Section 4.5.1: This seems to rely on interlinking to connect elements in the hierarchy by another, non-hierarchical path. Firstly, there is blind faith here that encoding the features somehow in markup will solve the problem. But you have to '''prove''' that you can compute it. You can't compute an arbitrary network of links. Try to solve the Travelling Salesman Problem instead. It's probably easier. Secondly, how many humanists would willingly work with such a complex system of markup as you propose here?
 

Latest revision as of 13:50, 24 May 2009

Because it is difficult to record many versions in one file using markup, the proposal recommends a document-centric approach. In this method each physical document is encoded separately, even when they are just drafts of the one text. As a result there is a great deal of redundant information in their representation. This only serves to increase the work of editors and software in maintaining copies of text that are supposed to be linked or identical. It would be much more efficient and simpler to represent each instance of a piece of text that occurs exactly once in a work by a unique piece of text.

The section on 'grouping changes' assumes that manuscript texts have a structure that can be broken down into a hierarchy of changes that can be conveniently grouped and nested arbitrarily. Similarly in section 4.1 a strict hierarchy is imposed consisting of document->writing surface->zone->line. Since Barnard's paper in 1988 where he pointed out the inherent failure of markup to adequately represent a trivial case of nested speeches and lines in Shakespeare, the problem of overlap has become the dominant issue in the digital encoding of historical texts. This representation, which seeks to reassert the OHCO thesis, which has been withdrawn by its own authors, will fail to adequately represent these complex genetic texts, which are primarily non-hierarchical in structure. Is it really possible any longer, for texts that will be subject to anything from mild to extreme overlap, to propose a standard for the future that essentially ignores the overlap problem? The past twenty years of research on this topic cannot be so lightly set aside.

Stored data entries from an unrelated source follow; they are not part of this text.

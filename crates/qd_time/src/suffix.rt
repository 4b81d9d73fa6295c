//! Reads the suffix of an interval's text.
ghost use Rattle.std.specs.Prelude.{◌≡◌, ◌≤◌, IfSome};
ghost use Rattle.qd_time.specs.Reading.{suffix_at, later_at, count_at, letter_at, span_at};

use crate::calendar::{DAY, HOUR, MINUTE, SECOND};
use crate::reading::digit;
use qd_base::MAX_SUFFIX_COUNT;

/// How many of what a suffix moves an end later, and nothing where there is no suffix. A count above
/// 1,000,000 is 1,000,001.
pub(crate) fn read_suffix(text: &[u8]) -> Option<(u64, u64)>
    ensures value { result ≡ suffix_at text.now }
    ensures bound { IfSome result (λ later. later.1 ≤ DAY) }
{
    match text {
        [] => Some((0, 0)),
        [b';', rest @ ..] => read_later(rest),
        _ => None,
    }
}

/// A suffix after its `;`.
fn read_later(text: &[u8]) -> Option<(u64, u64)>
    ensures value { result ≡ later_at text.now }
    ensures bound { IfSome result (λ later. later.1 ≤ DAY) }
{
    match text {
        [b'0'..=b'9', ..] => read_count(text),
        _ => None,
    }
}

/// Digits and a letter.
fn read_count(text: &[u8]) -> Option<(u64, u64)>
    ensures value { result ≡ count_at 0 text.now }
    ensures bound { IfSome result (λ later. later.1 ≤ DAY) }
{
    let mut count = 0;
    let mut rest = text;
    while let Some((low, tail)) = digit(rest) {
        count = (10 * count + low as u64).min(MAX_SUFFIX_COUNT + 1);
        rest = tail;
    }
    read_letter(count, rest)
}

/// A letter, and nothing after it.
fn read_letter(count: u64, text: &[u8]) -> Option<(u64, u64)>
    ensures value { result ≡ letter_at count text.now }
    ensures bound { IfSome result (λ later. later.1 ≤ DAY) }
{
    let [letter] = text else { return None };
    Some((count, span(*letter)?))
}

/// The microseconds of what a letter counts.
fn span(letter: u8) -> Option<u64>
    ensures value { result ≡ span_at letter }
    ensures bound { IfSome result (λ micros. micros ≤ DAY) }
{
    match letter {
        b's' => Some(SECOND),
        b'm' => Some(MINUTE),
        b'h' => Some(HOUR),
        b'd' => Some(DAY),
        _ => None,
    }
}
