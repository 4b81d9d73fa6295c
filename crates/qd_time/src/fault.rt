//! Why a text gives no moment.
use thiserror::Error;

/// Why a text is no moment and no interval. Nothing is kept of the text.
#[derive(Clone, Copy, Debug, PartialEq, Eq, Error)]
pub enum TimeFault {
    /// The text isn't of the forms, or names no month, day, hour, minute or second of the calendar.
    #[error("not a time of the calendar")]
    Form,
    /// The text is of the forms, but its year is below 1970, or its suffix counts above 1,000,000.
    #[error("a time or a length out of range")]
    Range,
}
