//! Reads the text of a moment from its left, as far as it goes.
ghost use Rattle.std.specs.Prelude.{◌≡◌, ◌<◌, ◌^◌, IfSome};
ghost use Rattle.qd_time.specs.Fields.{civil_fields};
ghost use Rattle.qd_time.specs.Reading.{Gives, seen, seen_number, digit_at, two_at, three_at, four_at, fraction_at, second_at, minute_at, hour_at, day_at, month_at, year_at, after_zone};

use crate::fields::Fields;
use qd_base::TimeUnit;

/// A moment that a text begins with, the unit as far as which the text spells it, and the bytes
/// after it.
#[derive(Clone, Copy)]
pub(crate) struct Reading<'a> {
    pub(crate) unit: TimeUnit,
    pub(crate) fields: Fields,
    pub(crate) rest: &'a [u8],
}

/// The moment that the text begins with.
#[tactic(auto, unfolding(crate::specs::Reading::year_at))]
pub(crate) fn read_year(text: &[u8]) -> Option<Reading<'_>>
    ensures { Gives seen result (year_at text.now) }
{
    let (year, rest) = four_digits(text)?;
    let fields = Fields {
        year,
        month: 1,
        day: 1,
        hour: 0,
        minute: 0,
        second: 0,
        micro: 0,
    };
    match rest {
        [b'-', rest @ ..] => read_month(fields, rest),
        _ => Some(Reading {
            unit: TimeUnit::Year,
            fields,
            rest,
        }),
    }
}

/// One decimal digit, and the bytes after it.
#[tactic(auto, unfolding(crate::specs::Reading::digit_at))]
pub(crate) fn digit(text: &[u8]) -> Option<(u8, &[u8])>
    ensures value { Gives seen_number result (digit_at text.now) }
    ensures bound { IfSome result (λ x. x.0 < 10) }
{
    match text {
        [byte @ b'0'..=b'9', rest @ ..] => Some((*byte - b'0', rest)),
        _ => None,
    }
}

/// A month, and what follows it.
#[tactic(auto, unfolding(crate::specs::Reading::month_at))]
fn read_month(fields: Fields, text: &[u8]) -> Option<Reading<'_>>
    ensures { Gives seen result (month_at (civil_fields fields) text.now) }
{
    let (month, rest) = two_digits(text)?;
    let fields = Fields { month, ..fields };
    match rest {
        [b'-', rest @ ..] => read_day(fields, rest),
        _ => Some(Reading {
            unit: TimeUnit::Month,
            fields,
            rest,
        }),
    }
}

/// A day, and what follows it.
#[tactic(auto, unfolding(crate::specs::Reading::day_at))]
fn read_day(fields: Fields, text: &[u8]) -> Option<Reading<'_>>
    ensures { Gives seen result (day_at (civil_fields fields) text.now) }
{
    let (day, rest) = two_digits(text)?;
    let fields = Fields { day, ..fields };
    match rest {
        [b'T' | b' ', rest @ ..] => read_hour(fields, rest),
        _ => Some(Reading {
            unit: TimeUnit::Day,
            fields,
            rest,
        }),
    }
}

/// An hour, and what follows it.
#[tactic(auto, unfolding(crate::specs::Reading::hour_at))]
fn read_hour(fields: Fields, text: &[u8]) -> Option<Reading<'_>>
    ensures { Gives seen result (hour_at (civil_fields fields) text.now) }
{
    let (hour, rest) = two_digits(text)?;
    let fields = Fields { hour, ..fields };
    match rest {
        [b':', rest @ ..] => read_minute(fields, rest),
        _ => Some(Reading {
            unit: TimeUnit::Hour,
            fields,
            rest: skip_zone(rest),
        }),
    }
}

/// A minute, and what follows it.
#[tactic(auto, unfolding(crate::specs::Reading::minute_at))]
fn read_minute(fields: Fields, text: &[u8]) -> Option<Reading<'_>>
    ensures { Gives seen result (minute_at (civil_fields fields) text.now) }
{
    let (minute, rest) = two_digits(text)?;
    let fields = Fields { minute, ..fields };
    match rest {
        [b':', rest @ ..] => read_second(fields, rest),
        _ => Some(Reading {
            unit: TimeUnit::Minute,
            fields,
            rest: skip_zone(rest),
        }),
    }
}

/// A second, and what follows it.
#[tactic(auto, unfolding(crate::specs::Reading::second_at))]
fn read_second(fields: Fields, text: &[u8]) -> Option<Reading<'_>>
    ensures { Gives seen result (second_at (civil_fields fields) text.now) }
{
    let (second, rest) = two_digits(text)?;
    let fields = Fields { second, ..fields };
    match rest {
        [b'.', rest @ ..] => read_fraction(fields, rest),
        _ => Some(Reading {
            unit: TimeUnit::Second,
            fields,
            rest: skip_zone(rest),
        }),
    }
}

/// A fraction of a second, of three digits or of six.
#[tactic(auto, unfolding(crate::specs::Reading::fraction_at))]
fn read_fraction(fields: Fields, text: &[u8]) -> Option<Reading<'_>>
    ensures { Gives seen result (fraction_at (civil_fields fields) text.now) }
{
    let (milli, rest) = three_digits(text)?;
    let micro = milli as u32 * 1000;
    match three_digits(rest) {
        None => Some(Reading {
            unit: TimeUnit::Milli,
            fields: Fields { micro, ..fields },
            rest: skip_zone(rest),
        }),
        Some((low, rest)) => Some(Reading {
            unit: TimeUnit::Micro,
            fields: Fields {
                micro: micro + low as u32,
                ..fields
            },
            rest: skip_zone(rest),
        }),
    }
}

/// The bytes after a `Z`, if there is one.
fn skip_zone(text: &[u8]) -> &[u8]
    ensures { result.now ≡ after_zone text.now }
{
    match text {
        [b'Z', rest @ ..] => rest,
        _ => text,
    }
}

/// A number of four digits, and the bytes after it.
#[tactic(auto, unfolding(crate::specs::Reading::four_at))]
fn four_digits(text: &[u8]) -> Option<(u16, &[u8])>
    ensures value { Gives seen_number result (four_at text.now) }
    ensures bound { IfSome result (λ x. x.0 < 10 ^ 4) }
{
    let (high, rest) = two_digits(text)?;
    let (low, rest) = two_digits(rest)?;
    Some((100 * high as u16 + low as u16, rest))
}

/// A number of three digits, and the bytes after it.
#[tactic(auto, unfolding(crate::specs::Reading::three_at))]
fn three_digits(text: &[u8]) -> Option<(u16, &[u8])>
    ensures value { Gives seen_number result (three_at text.now) }
    ensures bound { IfSome result (λ x. x.0 < 10 ^ 3) }
{
    let (high, rest) = digit(text)?;
    let (low, rest) = two_digits(rest)?;
    Some((100 * high as u16 + low as u16, rest))
}

/// A number of two digits, and the bytes after it.
#[tactic(auto, unfolding(crate::specs::Reading::two_at))]
fn two_digits(text: &[u8]) -> Option<(u8, &[u8])>
    ensures value { Gives seen_number result (two_at text.now) }
    ensures bound { IfSome result (λ x. x.0 < 10 ^ 2) }
{
    let (high, rest) = digit(text)?;
    let (low, rest) = digit(rest)?;
    Some((10 * high + low, rest))
}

The proposal also does not explain how it is intended to 'collate' XML documents arranged in this structure, especially when the variants are distributed via two mechanisms: as markup in individual files and also as links between documentary versions. Collation programs work by comparing basically plain text files, containing only light markup for references in COCOA or empty XML elements (as in the case of Juxta). The virtual absence of collation programs able to process arbitrary XML renders this proposal at least very difficult to achieve. It would be better if a purely digital representation of the text were the objective, since in this case, an apparatus would not be needed.

The mechanism for transposition as described also sounds infeasible. It is unclear what is meant by the proposed standoff mechanism. However, if this allows chunks of transposed text to be moved around, this will fail if the chunks contain non-well-formed markup or if the destination location does not permit that markup in the schema at that point. Also if transpositions between physical versions are allowed - and this actually comprises the majority of cases - how can such a mechanism work, especially when transposed chunks may well overlap?

The main advantage claimed for HNML and LEG/GML (=Genetic Markup Language) is that they are more succinct than a TEI encoding. If the proposed markup encoding standard is incorporated into TEI, however, this advantage will be lost. The proposed codes will just become part of the more generic, and hence more verbose, TEI language. There seems very little in the sketched proposals here that cannot already be encoded in the TEI Guidelines as they currently stand. The authors should spell out clearly which elements and attributes in their view need to be added, how accurately they can represent the textual phenomena, and how efficiently they will work in software.